Como Marine le Pen e Jordan Bardella sublinharam, o resultado só era explicável pelas votações cruzadas entre a Esquerda e a Extrema-Esquerda (PS, Verdes, Comunistas, Insubmissos, todos na Nova Frente Popular) e o Centrão macroniano. Numa versão ad hoc da reductio ad Hitlerum do adversário, os trotskistas radicais da França Insubmissa e os liberais-chiques da Macronia tinham reunido esforços para aplacar a maré deextrema-direita” que prometia assolar a França.

Na semana em que se repetiam as projecções optimistas para o Rassemblement, dado até como possível candidato a uma maioria absoluta ou, pelo menos, a ser o primeiro partido, Marine Le Pen não tinha deixado de dizer que a alternativa a uma vitória da União Nacional seria ou “o pântano”, ou o caos.

O fantasma

Por pântano ou caos, Le Pen entendia precisamente a situação de ingovernabilidade que resultaria do desconjuntar da geringonça ideológica e política engendrada para enfrentar o “fantasma fascista”.

Fantasma porque nenhum dos partidos europeus a que a Esquerda chama fascistas tem, além do nacionalismo e do anti-esquerdismo, as características ideológicas dos fascismos europeus de há cem anos. Nem nenhum destes partidos, estando no poder, suprimiu as liberdades públicas ou a alternância democrática. Giorgia Meloni e os seus “pós-fascistas” Fratelli d’Italia estão no poder há dois anos em Itália e a oposição continua, ninguém restaurou o esquadrismo ou invadiu a Etiópia. Orbán ganhou a maioria nas eleições na Hungria e a oposição existe e a imprensa é livre.
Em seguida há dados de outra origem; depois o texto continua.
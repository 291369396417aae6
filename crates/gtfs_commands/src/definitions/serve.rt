//! `gtfs serve`, as `clap` is told of it.
ghost use Rattle.std.specs.Prelude.{◌≡◌, IfOk};
ghost use Rattle.clap.specs.Words.{app_of};
ghost use Rattle.gtfs_commands.specs.CommandLine.{serve_app};

use super::rules::{DIR, INTERPOLATE, ZONE, new_command, with_flag, with_option, with_word};
use crate::fault::OutOfMemory;
use clap::Command;
use std::alloc::Global;

const ABOUT: &str = "Answer requests from the standard input, line by line";

const SERVE: &str = "gtfs serve DIR --zone FILE [--interpolate]";

const TEXTS: &str = "A request is a line of fields, with one tab between two of them:\n  \
    board, stop_id, from, until, limit, key\n  \
    timetable, route_id, date, direction\n\
    Limit, key and direction may be left out or empty. Behind the name of its command a request has\n\
    what gtfs board takes as --stop, --from, --until, --limit and --after, or gtfs timetable as\n\
    --route, --date and --direction.\n\n\
    The input is UTF-8. Its lines end with LF or CRLF, and an empty line is passed over.\n\n\
    The feed and the zone are read and checked once. Then each request is answered before the next\n\
    line is read, until the input ends: by what its command prints, or by a line that says why there\n\
    is nothing, as !! unknown stop. An empty line ends each answer.";

pub(super) fn serve_command<'w>(alloc: Global) -> Result<Command<'w>, OutOfMemory>
    ensures { IfOk result (λ c. app_of c ≡ serve_app) }
{
    let serve = new_command(alloc, "serve", ABOUT, SERVE, TEXTS);
    let dir = with_word(Ok(serve), alloc, "DIR", DIR);
    let zone = with_option(dir, alloc, "zone", "FILE", ZONE);
    with_flag(zone, alloc, "interpolate", INTERPOLATE)
}
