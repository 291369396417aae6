ghost use Rattle.std.specs.Prelude.{Some, flat_map, length};
ghost use Rattle.gtfs_merge.specs.NearStops.{near_line};
ghost use Rattle.gtfs_merge.specs.MergeReport.{kinds};
ghost use Rattle.gtfs_cli.specs.MergeReport.{both_lines, count_line, ids_report, line_text, named_line, names_report, side_lines};
ghost use Rattle.gtfs_cli.specs.SentText.{IsSent};

use crate::commands::refusal::Refusal;
use crate::commands::send::send;
use crate::devices_seen::OutSeen;
use crate::report::MergeLine;
use gtfs_merge::{Kind, Names, Side};
use gtfs_table::Out;
use std::alloc::Global;

// Prints what the ids of two feeds became, how many are joined and, if this was asked for, how many
// stops are near, each line sent out whole before the next is made.
// Errors: `OutputFailed` at any line, and `OutOfMemory` at any point.
pub(crate) fn print_names<'w, O: Out>(
    alloc: Global,
    names: &Names,
    near: Option<u32>,
    out: &mut O,
) -> Result<(), Refusal<'w>>
    ensures sent { IsSent (names_report near names.now) (⟦<O as OutSeen>⟧.seen out.old)
        (⟦<O as OutSeen>⟧.seen out.new) result }
{
    let mut text = String::new(alloc);
    print_ids(names, &mut text, out)?;
    print_near(names, near, &mut text, out)
}

// The lines of the ids that change, and those of how many are joined.
fn print_ids<'w, O: Out>(names: &Names, text: &mut String, out: &mut O) -> Result<(), Refusal<'w>>
    ensures sent { IsSent (ids_report names.now) (⟦<O as OutSeen>⟧.seen out.old)
        (⟦<O as OutSeen>⟧.seen out.new) result }
{
    print_renamed(names, text, out)?;
    print_joined(names, text, out)
}

// The lines of the ids that change, one kind after another.
fn print_renamed<'w, O: Out>(
    names: &Names,
    text: &mut String,
    out: &mut O,
) -> Result<(), Refusal<'w>>
    ensures sent { IsSent (flat_map (both_lines names.now) kinds) (⟦<O as OutSeen>⟧.seen out.old)
        (⟦<O as OutSeen>⟧.seen out.new) result }
{
    for kind in &Kind::ALL {
        print_kind(names, *kind, text, out)?;
    }
    Ok(())
}

// Those of a kind.
fn print_kind<'w, O: Out>(
    names: &Names,
    kind: Kind,
    text: &mut String,
    out: &mut O,
) -> Result<(), Refusal<'w>>
    ensures sent { IsSent (both_lines names.now kind) (⟦<O as OutSeen>⟧.seen out.old)
        (⟦<O as OutSeen>⟧.seen out.new) result }
{
    print_side(names, Side::A, kind, text, out)?;
    print_side(names, Side::B, kind, text, out)
}

// Those of a side.
fn print_side<'w, O: Out>(
    names: &Names,
    side: Side,
    kind: Kind,
    text: &mut String,
    out: &mut O,
) -> Result<(), Refusal<'w>>
    ensures sent { IsSent (side_lines names.now side kind) (⟦<O as OutSeen>⟧.seen out.old)
        (⟦<O as OutSeen>⟧.seen out.new) result }
{
    let ids = names.ids(side, kind);
    for (number, id) in ids.iter().enumerate() {
        let name = names.by_number(side, kind, number);
        print_id(side, kind, id.as_str(), name, text, out)?;
    }
    Ok(())
}

// The line of an id that became this name, if it changes.
fn print_id<'w, O: Out>(
    side: Side,
    kind: Kind,
    id: &str,
    name: &str,
    text: &mut String,
    out: &mut O,
) -> Result<(), Refusal<'w>>
    ensures sent { IsSent (named_line side kind id.now (Some name.now))
        (⟦<O as OutSeen>⟧.seen out.old) (⟦<O as OutSeen>⟧.seen out.new) result }
{
    if name == id {
        return Ok(());
    }
    let line = MergeLine::Renamed {
        side,
        kind,
        old: id,
        new: name,
    };
    print_line(line, text, out)
}

// The lines of how many ids are joined, one kind after another.
fn print_joined<'w, O: Out>(
    names: &Names,
    text: &mut String,
    out: &mut O,
) -> Result<(), Refusal<'w>>
    ensures sent { IsSent (flat_map (count_line names.now) kinds) (⟦<O as OutSeen>⟧.seen out.old)
        (⟦<O as OutSeen>⟧.seen out.new) result }
{
    for kind in &Kind::ALL {
        let count = names.joined(*kind).len();
        print_line(MergeLine::Joined { kind: *kind, count }, text, out)?;
    }
    Ok(())
}

// The line of how many stops are near, if it was asked for.
fn print_near<'w, O: Out>(
    names: &Names,
    near: Option<u32>,
    text: &mut String,
    out: &mut O,
) -> Result<(), Refusal<'w>>
    ensures sent { IsSent (near_line near (length names.now.near)) (⟦<O as OutSeen>⟧.seen out.old)
        (⟦<O as OutSeen>⟧.seen out.new) result }
{
    let Some(_) = near else {
        return Ok(());
    };
    let count = names.near().len();
    print_line(MergeLine::Near { count }, text, out)
}

// Sends a line out. It is made in a text that was used before.
fn print_line<'w, O: Out>(
    line: MergeLine<'_>,
    text: &mut String,
    out: &mut O,
) -> Result<(), Refusal<'w>>
    ensures sent { IsSent (line_text line.entry) (⟦<O as OutSeen>⟧.seen out.old)
        (⟦<O as OutSeen>⟧.seen out.new) result }
{
    text.clear();
    line.push(text)?;
    send(text.as_bytes(), out)
}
Na Polónia, o Justiça e Paz perdeu as eleições e cedeu o governo à geringonça Tusk do centrismo com o wokismo (que, essa sim, parece estar agora a suprimir liberdades e direitos).

A direita e as direitas nacionalistas, quer os velhos partidos reconvertidos – como os chefiados por Marine e Giorgia, quer os novos que surgiram na Europa (nos Países Baixos, na Suécia, na Áustria) – ganham adeptos e progridem porque as forças dominantes, nomeadamente as da direita dita conservadora, abandonaram os valores nacionais e identitários, reduzindo a política às questões da economia, da fiscalidade e da manutenção do poder, e tolerando ou até apoiando o globalismo e as propostas do wokismo e do fundamentalismo climático.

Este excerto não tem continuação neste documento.